Değişim geliyor. Ancak değişim daha fazla zaman alacaktır. Belki birkaç nesil daha.
Desteler erkeklerin lehine dağılmış durumda ama kadınlar mücadeleye devam ediyor. Oynadığımız ve izlemeyi sevdiğimiz oyunlara gelince, bu şu anda spordaki en büyük hikaye.
Bu yılki ABD Açık’ın bu hikayeyi yeniden çerçevelemesi ne kadar mükemmel. Flushing Meadows, Billie Jean King’in etkinlikte eşit para ödülü için yaptığı başarılı girişimin 50. yıldönümünü kutlayan iki haftalık bir gala kutlamasıydı; sporda hâlâ cesaretiyle öne çıkan bir dönüm noktasıydı.
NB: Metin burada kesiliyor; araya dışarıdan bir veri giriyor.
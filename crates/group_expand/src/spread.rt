ghost use Rattle.std.specs.Prelude.{◌≡◌, if◌then◌else◌, ◌++◌, ◌+◌, ◌<◌, ◌↔◌, [], ◌∷◌, ℕ, List, true, false, length, map, filter, set, IfOk, IfSome, IfNone, ◌≤◌};
ghost use Rattle.std.specs.List.{All};
ghost use Rattle.policy_model.specs.Lists.{numbers_below};
ghost use Rattle.policy_model.specs.Policy.{router_at, is_managed};
ghost use Rattle.policy_model.specs.Zones.{Site, zone_at};
ghost use Rattle.topology.specs.View.{policy_of};
ghost use Rattle.zone_graph.specs.Grouped.{IsGraphOf, doors_with};
ghost use Rattle.group_expand.specs.Seen.{site_of, numbers_of, iface_numbers};
ghost use Rattle.group_expand.specs.Spread.{AreMarksOf, AreSpread, AreUnmarked, Goes, GoesBy, SeesRouter, Spreads, marked, is_open};

use spoc_base::{IfId, NoMemory, ZoneId};
use std::alloc::Global;
use topology::Topo;
use zone_graph::ZoneGraph;

/// The zone in which an interface stands.
pub(crate) fn zone_of_iface(topo: Topo<'_>, graph: &ZoneGraph, i: IfId) -> ZoneId
    requires graph { IsGraphOf (policy_of topo) graph.now }
    requires there { i.0 < length (policy_of topo).ifaces }
    ensures value { result.0 ≡ zone_at (site_of topo.entry graph.now) i.0 }
    ensures below { result.0 < length graph.now.nets }
{
    graph.zone_of(topo.iface(i).net)
}

// Marks a zone, and puts it to those left where it had no mark.
fn visit(seen: &mut [bool], left: &mut Vec<ZoneId>, z: ZoneId) -> Result<(), NoMemory>
    requires { z.0 < length seen.old }
    ensures seen { IfOk result (λ done. seen.new ≡ set seen.old z.0 true) }
    ensures left { IfOk result (λ done. numbers_of left.new.items ≡ (if marked seen.old z.0 then numbers_of left.old.items else numbers_of left.old.items ++ z.0 ∷ [])) }
{
    if seen[z.0 as usize] {
        return Ok(());
    }
    left.push(z)?;
    seen[z.0 as usize] = true;
    Ok(())
}

// Visits the zone of another interface of a router, unless it is marked.
fn visit_by(
    topo: Topo<'_>,
    graph: &ZoneGraph,
    marks: &[bool],
    i: IfId,
    j: IfId,
    seen: &mut [bool],
    left: &mut Vec<ZoneId>,
) -> Result<(), NoMemory>
    requires graph { IsGraphOf (policy_of topo) graph.now }
    requires marks { length marks.now ≡ length (policy_of topo).ifaces }
    requires zones { length seen.old ≡ length graph.now.nets }
    requires entered { i.0 < length (policy_of topo).ifaces }
    requires there { j.0 < length (policy_of topo).ifaces }
    requires one_router { router_at (policy_of topo) i.0 ≡ router_at (policy_of topo) j.0 }
    requires open { is_open (policy_of topo) marks.now i.0 ≡ true }
    ensures goes { IfOk result (λ done. GoesBy (site_of topo.entry graph.now) marks.now (zone_at (site_of topo.entry graph.now) i.0) seen.old (numbers_of left.old.items) seen.new (numbers_of left.new.items)) }
    ensures seen { IfOk result (λ done. is_open (policy_of topo.entry) marks.now j.0 ≡ true → marked seen.new (zone_at (site_of topo.entry graph.now) j.0) ≡ true) }
{
    if marks[j.0 as usize] {
        return Ok(());
    }
    visit(seen, left, zone_of_iface(topo, graph, j))?;
    Ok(())
}

// Visits the zones at a router that is entered by an interface.
fn fan_out(
    topo: Topo<'_>,
    graph: &ZoneGraph,
    marks: &[bool],
    i: IfId,
    seen: &mut [bool],
    left: &mut Vec<ZoneId>,
) -> Result<(), NoMemory>
    requires graph { IsGraphOf (policy_of topo) graph.now }
    requires marks { length marks.now ≡ length (policy_of topo).ifaces }
    requires zones { length seen.old ≡ length graph.now.nets }
    requires entered { i.0 < length (policy_of topo).ifaces }
    requires open { is_open (policy_of topo) marks.now i.0 ≡ true }
    ensures goes { IfOk result (λ done. GoesBy (site_of topo.entry graph.now) marks.now (zone_at (site_of topo.entry graph.now) i.0) seen.old (numbers_of left.old.items) seen.new (numbers_of left.new.items)) }
    ensures seen { IfOk result (λ done. SeesRouter (site_of topo.entry graph.now) marks.now seen.new (router_at (policy_of topo.entry) i.0)) }
{
    let row = topo.ifs_of(topo.iface(i).router);
    for j in row {
        visit_by(topo, graph, marks, i, *j, seen, left)?;
    }
    Ok(())
}

// Looks at an interface: where it is open, and its router wasn't passed, passes the router.
fn pass(
    topo: Topo<'_>,
    graph: &ZoneGraph,
    marks: &[bool],
    i: IfId,
    seen: &mut [bool],
    passed: &mut [bool],
    left: &mut Vec<ZoneId>,
) -> Result<(), NoMemory>
    requires graph { IsGraphOf (policy_of topo) graph.now }
    requires marks { length marks.now ≡ length (policy_of topo).ifaces }
    requires zones { length seen.old ≡ length graph.now.nets }
    requires routers { length passed.old ≡ length (policy_of topo).routers }
    requires there { i.0 < length (policy_of topo).ifaces }
    requires managed { is_managed (policy_of topo) (router_at (policy_of topo) i.0) ≡ true }
    ensures goes { IfOk result (λ done. (ahead : List ℕ) → Goes (site_of topo.entry graph.now) marks.now (zone_at (site_of topo.entry graph.now) i.0) seen.old passed.old (numbers_of left.old.items) (i.0 ∷ ahead) seen.new passed.new (numbers_of left.new.items) ahead) }
{
    let r = topo.iface(i).router;
    if marks[i.0 as usize] {
        return Ok(());
    }
    if passed[r.0 as usize] {
        return Ok(());
    }
    fan_out(topo, graph, marks, i, seen, left)?;
    passed[r.0 as usize] = true;
    Ok(())
}

// Looks at all interfaces of managed routers in a zone.
fn leave_zone(
    topo: Topo<'_>,
    graph: &ZoneGraph,
    marks: &[bool],
    z: ZoneId,
    seen: &mut [bool],
    passed: &mut [bool],
    left: &mut Vec<ZoneId>,
) -> Result<(), NoMemory>
    requires graph { IsGraphOf (policy_of topo) graph.now }
    requires marks { length marks.now ≡ length (policy_of topo).ifaces }
    requires zones { length seen.old ≡ length graph.now.nets }
    requires routers { length passed.old ≡ length (policy_of topo).routers }
    requires there { z.0 < length graph.now.nets }
    ensures goes { IfOk result (λ done. Goes (site_of topo.entry graph.now) marks.now z.0 seen.old passed.old (numbers_of left.old.items) (doors_with (policy_of topo.entry) graph.now.zones z.0) seen.new passed.new (numbers_of left.new.items) []) }
{
    let row = graph.doors(z);
    for i in row {
        pass(topo, graph, marks, *i, seen, passed, left)?;
    }
    Ok(())
}

/// So many, none with a mark.
pub(crate) fn unmarked(alloc: Global, count: usize) -> Result<Vec<bool>, NoMemory>
    ensures { IfOk result (λ marks. AreUnmarked marks.items count) }
{
    let mut marks = Vec::new(alloc);
    for _ in 0..count {
        marks.push(false)?;
    }
    Ok(marks)
}

// How many routers there are.
fn router_count(topo: Topo<'_>) -> usize
    ensures { result ≡ length (policy_of topo.entry).routers }
{
    topo.routers().len()
}

// How many interfaces there are.
pub(crate) fn iface_count(topo: Topo<'_>) -> usize
    ensures { result ≡ length (policy_of topo.entry).ifaces }
{
    topo.ifaces().len()
}

/// A mark for each of these interfaces, and for no other.
pub(crate) fn mark(alloc: Global, topo: Topo<'_>, ifaces: &[IfId]) -> Result<Vec<bool>, NoMemory>
    requires { All (λ i. i.0 < length (policy_of topo).ifaces) ifaces.now }
    ensures { IfOk result (λ marks. AreMarksOf marks.items (length (policy_of topo.entry).ifaces) (iface_numbers ifaces.now)) }
{
    let mut marks = unmarked(alloc, iface_count(topo))?;
    for i in ifaces {
        marks[i.0 as usize] = true;
    }
    Ok(marks)
}

// The last zone of those left, which is taken from them.
fn next_zone(left: &mut Vec<ZoneId>) -> Option<ZoneId>
    ensures some { IfSome result (λ z. left.old.items ≡ left.new.items ++ z ∷ []) }
    ensures none { IfNone result (left.old.items ≡ []) }
{
    left.pop()
}

// Looks at zone after zone, until none is left.
fn fill(
    topo: Topo<'_>,
    graph: &ZoneGraph,
    marks: &[bool],
    start: ZoneId,
    seen: &mut [bool],
    passed: &mut [bool],
    left: &mut Vec<ZoneId>,
) -> Result<(), NoMemory>
    requires graph { IsGraphOf (policy_of topo) graph.now }
    requires marks { length marks.now ≡ length (policy_of topo).ifaces }
    requires there { start.0 < length graph.now.nets }
    requires seen { AreUnmarked seen.old (length graph.now.nets) }
    requires passed { AreUnmarked passed.old (length (policy_of topo).routers) }
    requires left { left.old.items ≡ [] }
    ensures { IfOk result (λ done. AreSpread (site_of topo.entry graph.now) marks.now start.0 seen.new (length graph.now.nets)) }
{
    visit(seen, left, start)?;
    while let Some(z) = next_zone(left) {
        leave_zone(topo, graph, marks, z, seen, passed, left)?;
    }
    Ok(())
}

/// Marks the zones that are reached from one zone through managed routers, but through no marked
/// interface.
pub(crate) fn spread(
    alloc: Global,
    topo: Topo<'_>,
    graph: &ZoneGraph,
    marks: &[bool],
    start: ZoneId,
) -> Result<Vec<bool>, NoMemory>
    requires graph { IsGraphOf (policy_of topo) graph.now }
    requires marks { length marks.now ≡ length (policy_of topo).ifaces }
    requires there { start.0 < length graph.now.nets }
    ensures { IfOk result (λ seen. AreSpread (site_of topo.entry graph.now) marks.now start.0 seen.items (length graph.now.nets)) }
{
    let mut seen = unmarked(alloc, graph.count() as usize)?;
    let mut passed = unmarked(alloc, router_count(topo))?;
    let mut left = Vec::new(alloc);
    fill(topo, graph, marks, start, &mut seen, &mut passed, &mut left)?;
    Ok(seen)
}

/// The marked zones, ascending. There are at most `most` zones.
pub(crate) fn marked_zones(alloc: Global, seen: &[bool], most: u32) -> Result<Vec<ZoneId>, NoMemory>
    requires { length seen.now ≤ most }
    ensures { IfOk result (λ zones. numbers_of zones.items ≡ filter (marked seen.now) (numbers_below (length seen.now))) }
{
    let count = seen.len() as u32;
    let mut zones = Vec::new(alloc);
    for z in 0..count {
        push_marked(seen, z, &mut zones)?;
    }
    Ok(zones)
}

// One zone more, where it is marked.
fn push_marked(seen: &[bool], z: u32, zones: &mut Vec<ZoneId>) -> Result<(), NoMemory>
    requires { z < length seen.now }
    ensures { IfOk result (λ done. numbers_of zones.new.items ≡ (if marked seen.now z then numbers_of zones.old.items ++ z ∷ [] else numbers_of zones.old.items)) }
{
    if !seen[z as usize] {
        return Ok(());
    }
    zones.push(ZoneId(z))?;
    Ok(())
}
Ve bu altın yıldönümünde – Serena Williams’ın artık emekli olduğu, tüm turnuva boyunca anma törenlerinde Billie Jean’in önde ve merkezde olduğu – Gauff’un ilk Grand Slam etkinliğini kazanması ve bunu, kendisini bir varis olarak gösteren soğukkanlılığını sergileyerek yapması ne kadar da uygundu. tahtına.
Teşekkürler Coco ve Serena. Statükoya karşı gelerek galip gelen ve hâlâ mücadelenin içinde olan Billie Jean’e ve diğer tüm kadın ve erkek sporculara teşekkür ederiz.
Ben dışarıdan gelenlerin yanında yer almaya ve her şeyi anlamlandırmaya çalışırken beni takip ettiğiniz için teşekkür ederim.